Le ayudo a salir del agua, está congelado y no para de temblar. Rápidamente buscamos un sitio para vivaquear, le cedo parte de mi ropa pues la suya está empapada, y se mete al saco. Afortunadamente, su grueso saco de plumas conserva el interior más o menos seco, y al poco comienza a entrar en calor.

—La roca en la que he apoyado el pie estaba cubierta de hielo y al saltar he resbalado— me cuenta mientras me instalo a mi vez para pasar la noche.

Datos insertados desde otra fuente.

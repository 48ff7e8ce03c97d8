//! Laws of the definitions.
//!
//! A function here does nothing: its contract is the law, which the check proves.

ghost use Rattle.dn_types.specs.Bounds.{IsInRange};
ghost use Rattle.dn_laws.specs.FairShare.{SharesByWeight, SharesFairly};
ghost use Rattle.dn_laws.specs.ConfiguredLaws.{CommandsCount, DelaysAreExplained};
ghost use Rattle.dn_laws.specs.ConfiguredLaws.{DropsAreExplained, IsNeverIdle, KeepsTheRate};
ghost use Rattle.dn_laws.specs.ConfiguredLaws.{NoneUnconfigured, OnlyCommandsCount};
ghost use Rattle.dn_laws.specs.ConfiguredLaws.{QueuesHavePipes, StartsApart, StartsAsConfigured};
ghost use Rattle.dn_laws.specs.ConfiguredLaws.{StartsAtOnce, StartsTheNext};
ghost use Rattle.dn_laws.specs.Divided.{PartsAreAlone, PartsHappenAlone};
ghost use Rattle.dn_laws.specs.FlowLaws.{FlowsAreByMask, FlowsHaveTheirKeys, FlowsStay};
ghost use Rattle.dn_laws.specs.KeptLaws.{BusyPeriodsBegin, ClockSparesTags, LinksAreKept};
ghost use Rattle.dn_laws.specs.KeptLaws.{PacketsSpareTags, TagsAreKept, VirtualTimeIsKept};
ghost use Rattle.dn_laws.specs.Laws.{BytesAreBounded, CallsAreInRange, CountsAreBounded, CountsUpToTheLimit};
ghost use Rattle.dn_laws.specs.Laws.{DueIsLast, DueMomentsAreBounded, DueMomentsNeverFall};
ghost use Rattle.dn_laws.specs.Laws.{ExhaustedChangesNothing, GivesOnce, GivesStarted};
ghost use Rattle.dn_laws.specs.Laws.{GivesWhatIsDue, LawfulHistoriesGrow, LawfulReplies};
ghost use Rattle.dn_laws.specs.Laws.{LeavesWhatIsNotDue, OwnEntriesBegin};
ghost use Rattle.dn_laws.specs.Laws.{MomentsAreBounded, OwnEntriesGrow, PickIsFirst, PickIsThere};
ghost use Rattle.dn_laws.specs.Laws.{RepliesByStanding, SendsOneAtATime, SettlingEnds};
ghost use Rattle.dn_laws.specs.Laws.{StartsInOrder, StartsOnce, TransmissionIsLeast};
ghost use Rattle.dn_laws.specs.KeptLaws.{OtherPipesChangeNothing};
ghost use Rattle.dn_laws.specs.PacketLaws.{ArrivalsAreTold, CommandsSpare, DiscardsAreDeletes};
ghost use Rattle.dn_laws.specs.PacketLaws.{PacketsAddUp, QueuedPacketsArrive, QueuesShareTheRate};
ghost use Rattle.dn_laws.specs.PartLaws.{AdvancesAreNoMore, AgreeingCallsAgree, CommandsActByForce};
ghost use Rattle.dn_laws.specs.PartLaws.{OtherLinksChangeNoReply, OtherLinksChangeNothing};
ghost use Rattle.dn_laws.specs.PartLaws.{PartsAreWhole, PartsRestOnTheirPipe, ReplaysFallApart};
ghost use Rattle.dn_laws.specs.ConfiguredLaws.{KeepsTheConfiguredRate};
ghost use Rattle.dn_laws.specs.ReadingLaws.{CommandsAreAnswered, LinksAreToldApart};
ghost use Rattle.dn_laws.specs.ReadingLaws.{MomentsAreNamed, PacketsAreCounted, QueuesAreRead};
ghost use Rattle.dn_laws.specs.ReadingLaws.{StartsAreDue, SubjectsAreNamed, TargetsAreTreated};
ghost use Rattle.dn_laws.specs.ReplyLaws.{ClockIsTheGreatest, CollectsAreTold, CommandsAreTold};
ghost use Rattle.dn_laws.specs.ReplyLaws.{FlowsWereTold, LimitIsCounted, PacketsAreNumbered};
ghost use Rattle.dn_laws.specs.ReplyLaws.{QueuedPacketsAreDelivered, QueuedPacketsStay};
ghost use Rattle.dn_laws.specs.ReplyLaws.{RepliesTellTheClock, ShowsAreTold, ToldOnce};
ghost use Rattle.dn_laws.specs.ReplyLaws.{ToldWhenDue};
ghost use Rattle.dn_laws.specs.SharingLaws.{DroppedChangesNothing, PipeDeleteResets};
ghost use Rattle.dn_laws.specs.SharingLaws.{QueueDeleteResets, TagsBeginAfresh};
ghost use Rattle.dn_laws.specs.SharingLaws.{CommandsMoveNothing, GrowsByWork, HeadsAreFirst};
ghost use Rattle.dn_laws.specs.SharingLaws.{PacketsKeepApart, PickIsFair, PickIsLeast};
ghost use Rattle.dn_laws.specs.SharingLaws.{PipeDeleteEmpties, PipeDeleteSpares};
ghost use Rattle.dn_laws.specs.SharingLaws.{QueueDeleteEmpties, QueueDeleteSpares};
ghost use Rattle.dn_laws.specs.SharingLaws.{RaisesToTheLeast, StartsThePick, TagsByWeight};
ghost use Rattle.dn_laws.specs.TimeLaws.{DelaysAddUp, DeliveredDelaysAddUp, EventsStay};
ghost use Rattle.dn_laws.specs.TimeLaws.{GivesInOrder, NoneStartsEarly};
ghost use Rattle.dn_laws.specs.TimeLaws.{StartsBehind, StartsInTime, UnlimitedTakesNoTime, WaitsForItsLink};
ghost use Rattle.dn_laws.specs.WaitLaws.{KbytesBoundTheDelay, KbytesBoundTheWait};
ghost use Rattle.dn_laws.specs.WaitLaws.{LinksMakeNoPause, SlotsBoundTheDelay};
ghost use Rattle.dn_laws.specs.WaitLaws.{SlotsBoundTheWait, WaitIsKnown, WaitsForThoseAhead};
ghost use Rattle.dn_laws.specs.ReadingLaws.{ClockFollows, ObeysAsTold, StartsAreCounted};

use dn_types::Call;

/// A settling starts every packet that can start: after it no start is due on any link.
///
/// A link sends one packet at a time. The packets of a flow start in the order of their arrival, and none starts twice.
pub fn laws_of_starts()
    ensures settles { SettlingEnds }
    ensures on_time { StartsAreDue }
    ensures apart { LinksAreToldApart }
    ensures queues { QueuesAreRead }
    ensures one_at_a_time { SendsOneAtATime }
    ensures in_order { StartsInOrder }
    ensures once { StartsOnce }
{}

/// The heads of a link are the first packets of the flows that wait for it.
///
/// On a shared link WF2Q+ picks one wherever there is one: of the eligible heads the one with the least finish tag, and of
/// those with equal tags that of the least flow number. What starts on it is that pick.
pub fn laws_of_the_pick()
    ensures heads { HeadsAreFirst }
    ensures there { PickIsThere }
    ensures first { PickIsFirst }
    ensures started { StartsThePick }
{}

/// The transmission time is the least that carries the packet's bits.
///
/// Under `Rule::Ordered` the due moments of a link never fall.
pub fn laws_of_due_moments()
    ensures transmission { TransmissionIsLeast }
    ensures due_is_last { DueIsLast }
    ensures never_fall { DueMomentsNeverFall }
{}

/// Each packet that starts is given by one Collect at most, and by the first whose effective moment reaches its due moment.
pub fn laws_of_collecting()
    ensures as_started { GivesStarted }
    ensures once { GivesOnce }
    ensures due { GivesWhatIsDue }
    ensures none_left { LeavesWhatIsNotDue }
    ensures counted { PacketsAreCounted }
{}

/// A history is lawful exactly if its replies are those to its calls.
///
/// The first 2^62 calls count, and the others change nothing. Each entry is one caller's own. A reply rests on where the
/// calls before it left the emulator, and on nothing else of their past.
pub fn laws_of_histories()
    ensures replies { LawfulReplies }
    ensures grow { LawfulHistoriesGrow }
    ensures counts { CountsUpToTheLimit }
    ensures exhausted { ExhaustedChangesNothing }
    ensures own { OwnEntriesGrow }
    ensures none { OwnEntriesBegin }
    ensures standing { RepliesByStanding }
{}

/// After calls in range, moments and queues are bounded.
///
/// The moments of a reply are at most 2^62 ns, the due moments of what is still to be given are below 2^63 ns, and no queue
/// holds 2^32 bytes. After any calls, the counts of a reply and its packet numbers are below 2^62.
pub fn laws_of_bounds()
    ensures moments { MomentsAreBounded }
    ensures dues { DueMomentsAreBounded }
    ensures bytes { BytesAreBounded }
    ensures counts { CountsAreBounded }
    ensures calls { CallsAreInRange }
{}

/// Each call is in range, as the laws of bounds ask, since its types hold no other values.
pub fn each_call_is_in_range(call: Call)
    ensures { IsInRange call }
{}

/// A packet is lost by the loss rate in force, refused by the limit in force, and by nothing else.
pub fn laws_of_drops()
    ensures explained { DropsAreExplained }
    ensures unconfigured { NoneUnconfigured }
{}

/// A packet starts as soon as its link is free, with the bandwidth and the delay in force.
///
/// Only a start moves the moment at which a link is free, its last due moment and, in a busy period, its virtual time.
pub fn laws_of_links()
    ensures at_once { StartsAtOnce }
    ensures never_idle { IsNeverIdle }
    ensures next { StartsTheNext }
    ensures configured { StartsAsConfigured }
    ensures apart { StartsApart }
    ensures rate { KeepsTheRate }
    ensures configured_rate { KeepsTheConfiguredRate }
    ensures delay { DelaysAreExplained }
    ensures kept { LinksAreKept }
    ensures virtual_time { VirtualTimeIsKept }
{}

/// What has happened stays: each call adds to it and changes nothing of it.
///
/// A packet starts while a call is answered, at a moment between the clocks before and after it, and never before it was
/// accepted. It starts at its acceptance, or when its link has sent the packet before it if that is later. From its
/// acceptance to its due moment it takes this wait, its transmission, its delay and what the packet before it lacks, and
/// nothing else. A Collect gives its packets by due moment, and where two are equal by packet number.
pub fn laws_of_time()
    ensures stay { EventsStay }
    ensures in_time { StartsInTime }
    ensures not_early { NoneStartsEarly }
    ensures exactly { WaitsForItsLink }
    ensures behind { StartsBehind }
    ensures unlimited { UnlimitedTakesNoTime }
    ensures sum { DelaysAddUp }
    ensures delivered { DeliveredDelaysAddUp }
    ensures in_order { GivesInOrder }
{}

/// A packet that is sent to a pipe waits for those ahead of it in its flow's queue, and for no others.
///
/// It starts at its acceptance, or when its link has sent what it is sending if that is later, and the transmission times of
/// those ahead. So on a pipe with a queue of so many slots it waits for so many transmissions of a longest packet at most, and
/// is due after one more and the delay. Nor does a link make a pause while a packet waits that was sent to a queue.
pub fn laws_of_waiting()
    ensures those_ahead { WaitsForThoseAhead }
    ensures no_pause { LinksMakeNoPause }
    ensures known { WaitIsKnown }
    ensures slots { SlotsBoundTheWait }
    ensures kbytes { KbytesBoundTheWait }
    ensures delay { SlotsBoundTheDelay }
    ensures kbytes_delay { KbytesBoundTheDelay }
{}

/// A busy period begins with tags of 0, where the link is free and no packet waits for it.
///
/// A delete forgets the tags of its flows. A packet that is lost, refused or without a target changes no queue. Else a flow
/// keeps the finish tag of its last packet.
pub fn laws_of_resets()
    ensures afresh { TagsBeginAfresh }
    ensures queue_delete { QueueDeleteResets }
    ensures pipe_delete { PipeDeleteResets }
    ensures dropped { DroppedChangesNothing }
    ensures begins { BusyPeriodsBegin }
    ensures kept { TagsAreKept }
{}

/// A mask says which packets to a target are of one flow: those that agree in every bit of it.
pub fn laws_of_flows()
    ensures keys { FlowsHaveTheirKeys }
    ensures stay { FlowsStay }
    ensures masks { FlowsAreByMask }
    ensures treated { TargetsAreTreated }
{}

/// The flows of a shared link share it by their weights.
pub fn laws_of_shares()
    ensures tags { TagsByWeight }
    ensures least { PickIsLeast }
    ensures fair { PickIsFair }
    ensures raised { RaisesToTheLeast }
    ensures grows { GrowsByWork }
    ensures stretch { SharesFairly }
    ensures bytes { SharesByWeight }
{}

/// A delete empties the queues that it reaches and moves nothing that has started.
///
/// Nothing is in force at first, and nothing but a command changes what is. A packet changes nothing on the links of other
/// pipes: whatever happens there, the links of a pipe are as the clock alone leaves them.
pub fn laws_of_isolation()
    ensures pipe_delete { PipeDeleteEmpties }
    ensures queue_delete { QueueDeleteEmpties }
    ensures queue_spares { QueueDeleteSpares }
    ensures pipe_spares { PipeDeleteSpares }
    ensures commands { CommandsMoveNothing }
    ensures commands_count { CommandsCount }
    ensures subjects { SubjectsAreNamed }
    ensures only_commands { OnlyCommandsCount }
    ensures queues { QueuesHavePipes }
    ensures packets { PacketsKeepApart }
    ensures other_pipes { OtherPipesChangeNothing }
    ensures packet_tags { PacketsSpareTags }
    ensures clock_tags { ClockSparesTags }
{}

/// What other links carry changes nothing on a link, and so what other pipes carry nothing on a pipe.
///
/// With their packets taken away, each packet is queued, lost or refused as before and starts and is due at the same
/// moments. So a replay can be cut by links: each part gets its part of the replies. A pipe's part rests on what is in
/// force for the pipe and for its packets' targets alone.
/// If parts have pipes and queues of their own, a part's calls alone make the part of all happen and get the part of their
/// replies. Each is made before the clock passes its effective moment, and a Collect is of all parts.
pub fn laws_of_parts()
    ensures trace { OtherLinksChangeNothing }
    ensures replies { OtherLinksChangeNoReply }
    ensures agree { AgreeingCallsAgree }
    ensures advances { AdvancesAreNoMore }
    ensures replays { ReplaysFallApart }
    ensures whole { PartsAreWhole }
    ensures settings { PartsRestOnTheirPipe }
    ensures force { CommandsActByForce }
    ensures happens { PartsHappenAlone }
    ensures alone { PartsAreAlone }
{}

/// A call is told what happens, and nothing else.
///
/// The first 2^62 are answered. A packet, an Advance and a Collect are told the clock, and move it to the moment that they
/// name if that is later. A command is told what is in force, and one that is told Configured or Deleted is obeyed. A
/// packet that is told to be queued waits, is discarded or starts, and is then delivered once: by the first Collect whose
/// effective moment reaches its due moment. A Show tells how many packets of each flow were told to be lost, refused and
/// queued, and of the queued ones how many started, wait and were discarded.
pub fn laws_of_replies()
    ensures limit { LimitIsCounted }
    ensures clock { RepliesTellTheClock }
    ensures greatest { ClockIsTheGreatest }
    ensures named { MomentsAreNamed }
    ensures follows { ClockFollows }
    ensures obeyed { ObeysAsTold }
    ensures answered { CommandsAreAnswered }
    ensures commands { CommandsAreTold }
    ensures numbers { PacketsAreNumbered }
    ensures collects { CollectsAreTold }
    ensures once { ToldOnce }
    ensures due { ToldWhenDue }
    ensures stay { QueuedPacketsStay }
    ensures delivered { QueuedPacketsAreDelivered }
    ensures shows { ShowsAreTold }
    ensures starts { StartsAreCounted }
    ensures flows { FlowsWereTold }
{}

/// What arrives is what was told to be queued.
///
/// It has its own length. It is on its flow's own link if it was sent to a pipe, and on the one link of the pipe if it was
/// sent to a queue. So all queues of a pipe together keep the configured rate.
pub fn laws_of_acceptance()
    ensures arrivals { ArrivalsAreTold }
    ensures queued { QueuedPacketsArrive }
    ensures rate { QueuesShareTheRate }
{}

/// A queue is emptied by a delete alone, which reaches the flow's key and is told Deleted.
///
/// Any other command makes nothing happen. So of the accepted packets of a flow each has started, waits or was discarded.
pub fn laws_of_discards()
    ensures deletes { DiscardsAreDeletes }
    ensures spared { CommandsSpare }
    ensures add_up { PacketsAddUp }
{}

Entre sus húmedas pertenencias, Txema rescata una naranja. Teniendo en cuenta que llevamos 48 horas sin comer de fundamento, es casi un tesoro. Nos la comemos despacio, saboreando esta nueva oportunidad que nos da la vida. Estamos destrozados, pero en paz. Observo el cielo, este maravilloso cielo estrellado, y trato de localizar la Cruz del Sur, mientras me invade una sensación de bienestar que no estoy seguro si se debe a que finalmente ha salido todo bien o simplemente a que estoy agotado. En cualquier caso, es lo más parecido a la felicidad que conozco.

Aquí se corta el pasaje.